Lipedema is a subcutaneous adipose tissue disorder mainly affecting women. Its progressive nature often requires high-volume liposuction for efficient pain reduction. However, aspiration volumes of more than 5 L within a single session may lead to a variety of complications. Thus, we examined the effect of high-volume liposuctions on lipedema patients and the incidence of associated complications. We analyzed perioperative differences in lipedema patients undergoing low- or high-volume liposuctions. Statistical analyses were performed, investigating postoperative complications and the correlation of patients' BMI, total amount of aspiration, duration of surgery, hospital stay and hemoglobin alterations. Complications were investigated according to the Clavien-Dindo Classification. Patients were divided in two groups based on the volume aspirated at liposuction (low-volume vs. high-volume liposuction). Overall, 121 sessions were investigated. Mean total volume of aspiration was 8227.851 mL ± 3643.891. Mean preoperative hemoglobin levels were 13.646 g/dL ± 1.075 g/dL. Preoperatively, 7.44% of patients were anemic (Hb < 12 g/dL). Mean postoperative hemoglobin was 10.563 g/dL ± 1.230 g/dL. Postoperatively, 90.10% of patients showed Hb levels below 12 g/dL. Hemoglobin loss differed significantly between the two groups ( = 0.001). Significant correlations between pre- ( = 0.015) and postoperative ( < 0.001) hemoglobin levels and pre- ( < 0.001) and postoperative ( < 0.001) anemia with Class II complications were also seen. The total volume of aspiration did not correlate with complication rates ( = 0.176). Complication rates in high-volume liposuctions are hemoglobin-dependent rather than volume-associated. Preoperative anemia was the most influential for the occurrence of postoperative complications. To safely conduct high-volume liposuctions in lipedema patients, adequate patient selection and preoperative patient preparation are imperative.

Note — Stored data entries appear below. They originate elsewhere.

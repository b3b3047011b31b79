//! The calls on shares and share codes.
ghost use Rattle.std.specs.Prelude.{◌≡◌, Ok};
ghost use Rattle.http_wire.specs.declared.request.Request.{Request};
ghost use Rattle.hub_kit.specs.declared.names.ServerKey.{ServerKey};
ghost use Rattle.serde_json.specs.View.{view};
ghost use Rattle.hub_api.specs.Bodies.{body_of};
ghost use Rattle.hub_api.specs.Refusals.{Gives};
ghost use Rattle.hub_api.specs.Readings as spec;
ghost use Rattle.hub_api.specs.Calls as paths;

use crate::method::Method;
use crate::parts::{
    body_of, id_of, life, name_at, needed_text, page_of, recipient, scope_texts, scopes,
};
use crate::refusal::ApiRefusal;
use http_wire::request::Request;
use hub_kit::list::List;
use hub_kit::names::{ServerKey, ServerName, UserName};
use hub_machine::call::Call;
use hub_paths::Path;
use hub_rows::keys::Recipient;
use scope_filters::scope::RawScope;
use serde_json::Value;
use shares::lists::{CodesOf, SharesOf};
use std::alloc::Global;

/// `/users/{user}/shared`, by its methods.
pub(crate) fn shared(alloc: Global, method: Method, request: &Request) -> Result<Call, ApiRefusal>
    ensures { Gives result (paths.shared method request.now) }
{
    match method {
        Method::Get => get_shared(alloc, request),
        Method::Post => accept_code(alloc, request),
        _ => Err(ApiRefusal::NoMethod),
    }
}

/// `/shares/{owner}`, by its methods.
pub(crate) fn given_shares(
    alloc: Global,
    method: Method,
    request: &Request,
) -> Result<Call, ApiRefusal>
    ensures { Gives result (paths.given_shares method request.now) }
{
    match method {
        Method::Get => get_given_shares(alloc, request),
        _ => Err(ApiRefusal::NoMethod),
    }
}

/// `/shares/{owner}/{server}`, and `/shares/{owner}/` of the default server, by their methods.
pub(crate) fn server_shares(
    alloc: Global,
    method: Method,
    request: &Request,
) -> Result<Call, ApiRefusal>
    ensures { Gives result (paths.server_shares method request.now) }
{
    match method {
        Method::Get => get_server_shares(alloc, request),
        Method::Post => post_share(alloc, request),
        Method::Patch => patch_share(alloc, request),
        Method::Delete => Ok(Call::DeleteShares {
            server: server_at(alloc, request, Path::ServerShares)?,
        }),
        _ => Err(ApiRefusal::NoMethod),
    }
}

/// `/share-codes/{owner}`, by its methods.
pub(crate) fn given_codes(
    alloc: Global,
    method: Method,
    request: &Request,
) -> Result<Call, ApiRefusal>
    ensures { Gives result (paths.given_codes method request.now) }
{
    match method {
        Method::Get => get_given_codes(alloc, request),
        _ => Err(ApiRefusal::NoMethod),
    }
}

/// `/share-codes/{owner}/{server}`, and `/share-codes/{owner}/` of the default server, by their methods.
pub(crate) fn server_codes(
    alloc: Global,
    method: Method,
    request: &Request,
) -> Result<Call, ApiRefusal>
    ensures { Gives result (paths.server_codes method request.now) }
{
    match method {
        Method::Get => get_server_codes(alloc, request),
        Method::Post => post_code(alloc, request),
        Method::Delete => delete_codes(alloc, request),
        _ => Err(ApiRefusal::NoMethod),
    }
}

/// The server that the path names. Behind a last slash stands the empty name, that of the default server.
#[tactic(auto, unfolding(crate::specs::Readings::server_at))]
fn server_at(alloc: Global, request: &Request, path: Path) -> Result<ServerKey, ApiRefusal>
    ensures { Gives result (spec.server_at path request.now) }
{
    let user: UserName = name_at(alloc, request, path, "{owner}")?;
    let server: ServerName = name_at(alloc, request, path, "{server}")?;
    Ok(ServerKey { user, server })
}

#[tactic(auto, unfolding(crate::specs::Readings::get_shared))]
fn get_shared(alloc: Global, request: &Request) -> Result<Call, ApiRefusal>
    ensures { Gives result (spec.get_shared request.now) }
{
    let user = name_at(alloc, request, Path::Shared, "{user}")?;
    let page = page_of(alloc, request)?;
    let whose = SharesOf::Recipient(user);
    Ok(Call::GetShares { whose, page })
}

#[tactic(auto, unfolding(crate::specs::Readings::accept_code))]
fn accept_code(alloc: Global, request: &Request) -> Result<Call, ApiRefusal>
    ensures { Gives result (spec.accept_code request.now) }
{
    let user = name_at(alloc, request, Path::Shared, "{user}")?;
    let body = body_of(alloc, request)?;
    let code = needed_text(alloc, &body, "code");
    drop(body);
    Ok(Call::AcceptCode { user, code: code? })
}

#[tactic(auto, unfolding(crate::specs::Readings::get_given_shares))]
fn get_given_shares(alloc: Global, request: &Request) -> Result<Call, ApiRefusal>
    ensures { Gives result (spec.get_given_shares request.now) }
{
    let owner = name_at(alloc, request, Path::GivenShares, "{owner}")?;
    let page = page_of(alloc, request)?;
    let whose = SharesOf::Owner(owner);
    Ok(Call::GetShares { whose, page })
}

#[tactic(auto, unfolding(crate::specs::Readings::get_server_shares))]
fn get_server_shares(alloc: Global, request: &Request) -> Result<Call, ApiRefusal>
    ensures { Gives result (spec.get_server_shares request.now) }
{
    let server = server_at(alloc, request, Path::ServerShares)?;
    let page = page_of(alloc, request)?;
    let whose = SharesOf::Server(server);
    Ok(Call::GetShares { whose, page })
}

fn post_share(alloc: Global, request: &Request) -> Result<Call, ApiRefusal>
    ensures { Gives result (spec.post_share request.now) }
{
    let (server, to, scopes) = share_at(alloc, request)?;
    Ok(Call::PostShare { server, to, scopes })
}

fn patch_share(alloc: Global, request: &Request) -> Result<Call, ApiRefusal>
    ensures { Gives result (spec.patch_share request.now) }
{
    let (server, to, scopes) = share_at(alloc, request)?;
    Ok(Call::PatchShare { server, to, scopes })
}

/// A server, with whom it is shared or no longer shared, and the scopes.
#[tactic(auto, unfolding(crate::specs::Readings::share_at))]
fn share_at(
    alloc: Global,
    request: &Request,
) -> Result<(ServerKey, Option<Recipient>, List<RawScope>), ApiRefusal>
    ensures { Gives result (spec.share_at request.now) }
{
    let server = server_at(alloc, request, Path::ServerShares)?;
    let body = body_of(alloc, request)?;
    let share = share_of(alloc, server, &body);
    drop(body);
    share
}

/// The same by the server and the body, which is read whole before its scopes are.
#[tactic(auto, unfolding(crate::specs::Readings::share_at))]
fn share_of(
    alloc: Global,
    server: ServerKey,
    body: &Value,
) -> Result<(ServerKey, Option<Recipient>, List<RawScope>), ApiRefusal>
    ensures { (q : Request) → spec.server_at Path.ServerShares q ≡ Ok server → body_of q ≡ Ok (view body.now)
        → Gives result (spec.share_at q) }
{
    let to = recipient(alloc, body)?;
    let texts = scope_texts(alloc, body)?;
    let scopes = scopes(alloc, &texts)?;
    Ok((server, to, scopes))
}

#[tactic(auto, unfolding(crate::specs::Readings::get_given_codes))]
fn get_given_codes(alloc: Global, request: &Request) -> Result<Call, ApiRefusal>
    ensures { Gives result (spec.get_given_codes request.now) }
{
    let owner = name_at(alloc, request, Path::GivenCodes, "{owner}")?;
    let page = page_of(alloc, request)?;
    let whose = CodesOf::Owner(owner);
    Ok(Call::GetCodes { whose, page })
}

#[tactic(auto, unfolding(crate::specs::Readings::get_server_codes))]
fn get_server_codes(alloc: Global, request: &Request) -> Result<Call, ApiRefusal>
    ensures { Gives result (spec.get_server_codes request.now) }
{
    let server = server_at(alloc, request, Path::ServerCodes)?;
    let page = page_of(alloc, request)?;
    let whose = CodesOf::Server(server);
    Ok(Call::GetCodes { whose, page })
}

#[tactic(auto, unfolding(crate::specs::Readings::post_code))]
fn post_code(alloc: Global, request: &Request) -> Result<Call, ApiRefusal>
    ensures { Gives result (spec.post_code request.now) }
{
    let server = server_at(alloc, request, Path::ServerCodes)?;
    let body = body_of(alloc, request)?;
    let call = post_code_of(alloc, server, &body);
    drop(body);
    call
}

/// The call that asks for a code, by its server and its body. The body is read whole before its scopes are.
#[tactic(auto, unfolding(crate::specs::Readings::post_code))]
fn post_code_of(alloc: Global, server: ServerKey, body: &Value) -> Result<Call, ApiRefusal>
    ensures { (q : Request) → spec.server_at Path.ServerCodes q ≡ Ok server → body_of q ≡ Ok (view body.now)
        → Gives result (spec.post_code q) }
{
    let texts = scope_texts(alloc, body)?;
    let expires_in = life(body, "expires_in")?;
    let scopes = scopes(alloc, &texts)?;
    Ok(Call::PostCode {
        server,
        scopes,
        expires_in,
    })
}

#[tactic(auto, unfolding(crate::specs::Readings::delete_codes))]
fn delete_codes(alloc: Global, request: &Request) -> Result<Call, ApiRefusal>
    ensures { Gives result (spec.delete_codes request.now) }
{
    let server = server_at(alloc, request, Path::ServerCodes)?;
    let id = id_of(alloc, request)?;
    Ok(Call::DeleteCodes { server, id })
}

脂肪性水肿是一种主要影响女性的皮下脂肪组织疾病。其渐进性往往需要进行大容量抽脂以有效减轻疼痛。然而,单次手术抽吸量超过5升可能会导致多种并发症。因此,我们研究了大容量抽脂对脂肪性水肿患者的影响以及相关并发症的发生率。我们分析了接受小容量或大容量抽脂的脂肪性水肿患者的围手术期差异。进行了统计分析,调查术后并发症以及患者的体重指数、抽吸总量、手术时间、住院时间和血红蛋白变化之间的相关性。根据Clavien-Dindo分类法对并发症进行了调查。根据抽脂时的抽吸量将患者分为两组(小容量抽脂组与大容量抽脂组)。总体而言,共调查了121例手术。平均抽吸总量为8227.851毫升±3643.891毫升。术前平均血红蛋白水平为13.646克/分升±1.075克/分升。术前,7.44%的患者贫血(血红蛋白<12克/分升)。术后平均血红蛋白为10.563克/分升±1.230克/分升。术后,90.10%的患者血红蛋白水平低于12克/分升。两组之间的血红蛋白损失差异显著(P = 0.001)。术前(P = 0.015)和术后(P<0.0)血红蛋白水平以及术前(P<0.0)和术后(P<0.0)贫血与II级并发症之间也存在显著相关性。抽吸总量与并发症发生率无关(P = 0.176)。大容量抽脂的并发症发生率取决于血红蛋白而非抽吸量。术前贫血对术后并发症的发生影响最大。为了在脂肪性水肿患者中安全地进行大容量抽脂,必须进行充分的患者选择和术前患者准备。